Species boundaries were assessed using three molecular delimitation approaches: Automatic Barcode Gap Discovery (ABGD), Assemble Species by Automatic Partitioning (ASAP), and Bayesian Poisson Tree Processes (bPTP). The results were compared with morphological identifications.
ABGD analyses was performed online (http://galaxy.itaxotoolsweb.org/) (accessed on 25 August 2025.) with default parameters, with modifications: a relative gap width (X) of 1.0, the K2P distance metric, and a prior intraspecific divergence (P) range from 0.005 to 0.1 [36]. ASAP analysis was conducted online (http://galaxy.itaxotoolsweb.org/) (accessed on 25 August 2025.)using the K2P distance metrics, and the partition with the lowest ASAP score was selected [37]. The bPTP analysis was performed online (http://species.h-its.org) (accessed on 26 August 2025.)with the following settings: 500,000 MCMC generations, with the first 25% discarded as burn-in [38].

3. Results

3.1. DNA Barcode Datasets

Morphological identification of the 1500 collected beetle specimens yielded 126 species from 95 genera and 20 families, representing approximately 12% of China’s beetle fauna. The number of collected species data Information are available in the Supplementary Materials (Table S2). A subset of 164 specimens was selected for genetic analysis. The basic sequence characteristics are summarized in Table 1. Among the 650-base-pair region analyzed, 87 sites were conserved, 563 were variable, and 521 were parsimony-informative; 42 unique haplotypes were identified. Parsimony-informative sites accounted for 80.15% of the alignment, and no insertions or deletions were detected. The average AT content of the COI sequences was 66.4%, substantially higher than the GC content, indicating a strong AT bias. Conservation varied by codon position, and only eight sites were conserved at the second position, markedly fewer than at the first and third positions.
Base substitution saturation analysis (Figure 2A) revealed clear variation among the 164 COI sequences, with transversions (V) outnumbering transitions (S). The ration of transversions to transitions (V/S) increased linearly with genetic distance (Figure 2B–D). This pattern was consistent across all three codon positions, indicating that the COI gene sequences had not reached substitution saturation. Thus, sequence comparisons were unlikely to introduce bias in phylogenetic analyses, and equal weights were assigned to transitions and transversions.

3.2. DNA Barcode Analysis

3.2.1. Neighbor-Joining (NJ) Tree

The NJ tree (Figure 3) revealed that beetle specimens generally clustered cohesively at the family level. Several topological anomalies, however, were observed: Specimens X4, C24, and S11 (Cerambycidae) and TW6 (Anthicidae) formed a distinct unexpected clade; specimen C23 (Chrysomelidae) was placed within a different family-level clade; Cordylepherus sp. (H3) grouped within the family Cleridae; and two Staphylinidae species (C38 and G6) did not cluster together.
To further examine these discrepancies, we conducted additional phylogenetic analysis using closely related species obtained from NCBI. The neuropteran species Chrysoperla nipponensis (Chrysopidae; GenBank accession NC_015093.1) was included as an outgroup to root the tree and improve topological resolution. Phylogenetic reconstruction with 1000 bootstrap replicates (Figure 4) confirmed that all beetle families, along with the outgroup, formed separate, well-supported clades.

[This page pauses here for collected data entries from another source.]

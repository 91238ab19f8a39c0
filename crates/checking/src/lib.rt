// Stage 2 of a whole text: words and grammar, literals too large, nesting. Nothing is kept but the places where the later stages start.
#![tactic(auto)]

ghost use Rattle.std.specs.Prelude.{◌≡◌, ℕ};
ghost use Rattle.words.specs.Kinds.{code};
ghost use Rattle.grammar.specs.Trees.{checks};
ghost use Rattle.grammar.specs.Modules.{constant_turn, name_turn, name_list, typed, type_of, list_turn, constants, lists, declarations, begun, headed, same_name, ended, headless};
ghost use Rattle.grammar.specs.Forms.{blank, checked_text};
ghost use Rattle.phrases.specs.Seen.{seen_end, seen_go};
ghost use Rattle.checking.specs.Seen.{seen_body, seen_head, seen_text};

use basics::refusal::{Reason, Refusal};
use phrases::Turn;
use words::{Cursor, Kind, Word};

// Where the statements start, and where they end.
#[derive(Clone, Copy, Debug, PartialEq, Eq)]
pub struct Body {
    pub start: Cursor,
    pub next: Cursor,
}

// The module's name, and what is behind the heading.
#[derive(Clone, Copy, Debug, PartialEq, Eq)]
pub struct Head {
    pub name: Word,
    pub next: Cursor,
}

// Where the declarations and the statements of a text start, and where it ends.
#[derive(Clone, Copy, Debug, PartialEq, Eq)]
pub struct Checked {
    pub declarations: Cursor,
    pub statements: Cursor,
    pub next: Cursor,
}

// A constant.
#[tactic(auto, using(std::proofs::lemmas::Grind::common_steps, words::proofs::Codes::code_other), unfolding(grammar::specs::Modules::constant_turn))]
fn constant_turn(text: &[u8], from: Cursor) -> Result<Turn, Refusal>
    ensures { seen_go result ≡ constant_turn checks blank text.now tt from.at tt }
{
    let word = from.next(text)?;
    if word.kind != Kind::Name {
        return Ok(Turn::Last(from));
    }
    let end = phrases::give(
        text,
        Kind::Semicolon as u8,
        word.next,
        grammar::level_limit(),
    )?;
    Ok(Turn::More(end))
}

// Behind a name of a list: a comma and one name more, or the list's end.
#[tactic(auto, using(std::proofs::lemmas::Grind::common_steps, words::proofs::Codes::code_other), unfolding(grammar::specs::Modules::name_turn, grammar::specs::Modules::another_name))]
fn name_turn(text: &[u8], from: Cursor) -> Result<Turn, Refusal>
    ensures { seen_go result ≡ name_turn checks blank text.now tt from.at tt }
{
    let word = from.next(text)?;
    if word.kind != Kind::Comma {
        return Ok(Turn::Last(from));
    }
    let name = word.next.next(text)?;
    if name.kind != Kind::Name {
        return Err(Refusal::new(Reason::Grammar, name.start));
    }
    Ok(Turn::More(name.next))
}

// Names with commas between them, from past the first.
#[tactic(auto, using(std::proofs::lemmas::Grind::common_steps), unfolding(grammar::specs::Modules::name_list))]
fn name_list(text: &[u8], from: Cursor) -> Result<Cursor, Refusal>
    ensures { (start : ℕ) → seen_end result ≡ name_list checks blank text.now start from.at tt }
{
    phrases::repeat(from, &|at| name_turn(text, at))
}

// A type: BIT, or `[`, a length, `]` and BIT.
#[tactic(auto, using(std::proofs::lemmas::Grind::common_steps), unfolding(grammar::specs::Modules::typed, grammar::specs::Modules::arrayed, grammar::specs::Grammar::part))]
fn one_type(text: &[u8], from: Cursor) -> Result<Cursor, Refusal>
    ensures { seen_end result ≡ typed checks blank text.now from.at tt }
{
    let word = from.next(text)?;
    match word.kind {
        Kind::Bit => Ok(word.next),
        Kind::OpenSquare => {
            let length = phrases::within(text, word.start, word.next, grammar::level_limit())?;
            let closed = phrases::past(text, Kind::CloseSquare, length)?;
            phrases::past(text, Kind::Bit, closed)
        }
        _ => Err(Refusal::new(Reason::Grammar, word.start)),
    }
}

// Behind the names of a list: `:`, a type and `;`.
#[tactic(auto, using(std::proofs::lemmas::Grind::common_steps), unfolding(grammar::specs::Modules::type_of))]
fn list_type(text: &[u8], from: Cursor) -> Result<Cursor, Refusal>
    ensures { seen_end result ≡ type_of checks blank text.now from.at tt }
{
    let colon = phrases::past(text, Kind::Colon, from)?;
    let end = one_type(text, colon)?;
    phrases::past(text, Kind::Semicolon, end)
}

// A list of names of a class, of one type.
#[tactic(auto, using(std::proofs::lemmas::Grind::common_steps, words::proofs::Codes::code_other), unfolding(grammar::specs::Modules::list_turn))]
fn list_turn(text: &[u8], class: Kind, from: Cursor) -> Result<Turn, Refusal>
    ensures { seen_go result ≡ list_turn checks blank text.now (code class) tt from.at tt }
{
    let word = from.next(text)?;
    if word.kind != Kind::Name {
        return Ok(Turn::Last(from));
    }
    let names = name_list(text, word.next)?;
    let end = list_type(text, names)?;
    Ok(Turn::More(end))
}

// CONST and its constants, or nothing.
#[tactic(auto, using(std::proofs::lemmas::Grind::common_steps, words::proofs::Codes::code_other), unfolding(grammar::specs::Modules::constants))]
fn constant_section(text: &[u8], from: Cursor) -> Result<Cursor, Refusal>
    ensures { seen_end result ≡ constants checks blank text.now tt from.at tt }
{
    let word = from.next(text)?;
    if word.kind != Kind::Const {
        return Ok(from);
    }
    phrases::repeat(word.next, &|at| constant_turn(text, at))
}

// IN, OUT or VAR and its lists, or nothing.
#[tactic(auto, using(std::proofs::lemmas::Grind::common_steps, words::proofs::Codes::code_other), unfolding(grammar::specs::Modules::lists))]
fn signal_section(text: &[u8], class: Kind, from: Cursor) -> Result<Cursor, Refusal>
    ensures { seen_end result ≡ lists checks blank text.now (code class) tt from.at tt }
{
    let word = from.next(text)?;
    if word.kind == class {
        phrases::repeat(word.next, &|at| list_turn(text, class, at))
    } else {
        Ok(from)
    }
}

// The declarations.
#[tactic(auto, using(std::proofs::lemmas::Grind::common_steps), unfolding(grammar::specs::Modules::declarations, grammar::specs::Modules::out_and_var))]
fn all_declarations(text: &[u8], from: Cursor) -> Result<Cursor, Refusal>
    ensures { seen_end result ≡ declarations checks blank text.now from.at tt }
{
    let constants = constant_section(text, from)?;
    let inputs = signal_section(text, Kind::In, constants)?;
    let outputs = signal_section(text, Kind::Out, inputs)?;
    signal_section(text, Kind::Var, outputs)
}

// BEGIN and statements, or nothing.
#[tactic(auto, using(std::proofs::lemmas::Grind::common_steps, words::proofs::Codes::code_other), unfolding(grammar::specs::Modules::begun))]
fn begin(text: &[u8], from: Cursor) -> Result<Body, Refusal>
    ensures { seen_body result ≡ begun checks blank text.now from.at tt }
{
    let word = from.next(text)?;
    if word.kind != Kind::Begin {
        return Ok(Body {
            start: from,
            next: from,
        });
    }
    let next = phrases::statement_list(text, word.next, grammar::level_limit())?;
    Ok(Body {
        start: word.next,
        next,
    })
}

// `MODULE name ;`.
#[tactic(auto, using(std::proofs::lemmas::Grind::common_steps, words::proofs::Codes::code_other, crate::proofs::Sections::closing), unfolding(grammar::specs::Modules::headed))]
fn heading(text: &[u8], from: Cursor) -> Result<Head, Refusal>
    ensures { seen_head result ≡ headed checks blank text.now from.at tt }
{
    let name = phrases::past(text, Kind::Module, from)?.next(text)?;
    if name.kind != Kind::Name {
        return Err(Refusal::new(Reason::Grammar, name.start));
    }
    let next = phrases::past(text, Kind::Semicolon, name.next)?;
    Ok(Head { name, next })
}

// The module's name again.
#[tactic(auto, using(std::proofs::lemmas::Grind::common_steps, words::proofs::Codes::code_other), unfolding(grammar::specs::Modules::same_name))]
fn name_again(text: &[u8], name: Word, from: Cursor) -> Result<Cursor, Refusal>
    ensures { seen_end result ≡ same_name checks blank text.now name.start name.next.at from.at tt }
{
    let word = from.next(text)?;
    let first = basics::span(name.start, name.next.at);
    let second = basics::span(word.start, word.next.at);
    if word.kind == Kind::Name && names::same_name(text, name.start, first, word.start, second) {
        Ok(word.next)
    } else {
        Err(Refusal::new(Reason::Grammar, word.start))
    }
}

// `END name .` and the text's end.
#[tactic(auto, using(std::proofs::lemmas::Grind::common_steps), unfolding(grammar::specs::Modules::ended))]
fn ending(text: &[u8], name: Word, from: Cursor) -> Result<Cursor, Refusal>
    ensures { seen_end result ≡ ended checks blank text.now name.start name.next.at from.at tt }
{
    let end = phrases::past(text, Kind::End, from)?;
    let named = name_again(text, name, end)?;
    let dot = phrases::past(text, Kind::Dot, named)?;
    phrases::past(text, Kind::TextEnd, dot)
}

// All that follows the heading.
#[tactic(auto, using(std::proofs::lemmas::Grind::common_steps), unfolding(grammar::specs::Modules::headless))]
fn behind_heading(text: &[u8], name: Word, from: Cursor) -> Result<Checked, Refusal>
    ensures { seen_text result ≡ headless checks blank text.now name.start name.next.at from.at tt }
{
    let body = begin(text, all_declarations(text, from)?)?;
    let next = ending(text, name, body.next)?;
    Ok(Checked {
        declarations: from,
        statements: body.start,
        next,
    })
}

// A whole text: where its declarations and its statements start, or its refusal of stage 2.
#[tactic(auto, using(std::proofs::lemmas::Grind::common_steps), unfolding(grammar::specs::Modules::whole_text))]
pub fn check(text: &[u8]) -> Result<Checked, Refusal>
    ensures { seen_text result ≡ checked_text text.now }
{
    let head = heading(text, Cursor { at: 0 })?;
    behind_heading(text, head.name, head.next)
}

3.2.2. Species Delimitation

Species delimitation analyses identified 121–126 putative species, depending on the method used. The Bayesian Poisson Tree Processes (bPTP) method yielded the lowest estimate, whereas the Automatic Barcode Gap Discovery (ABGD) identified 124 putative species under a prior maximum intraspecific divergence (P) of 2.0%. The ABGD result was the most congruent with the 126 morphospecies identified. These findings collectively suggest that a genetic distance threshold of approximately 2% is suitable for the primary delineation of beetle species using COI barcoding in this dataset (Figure 5 and Figure 6).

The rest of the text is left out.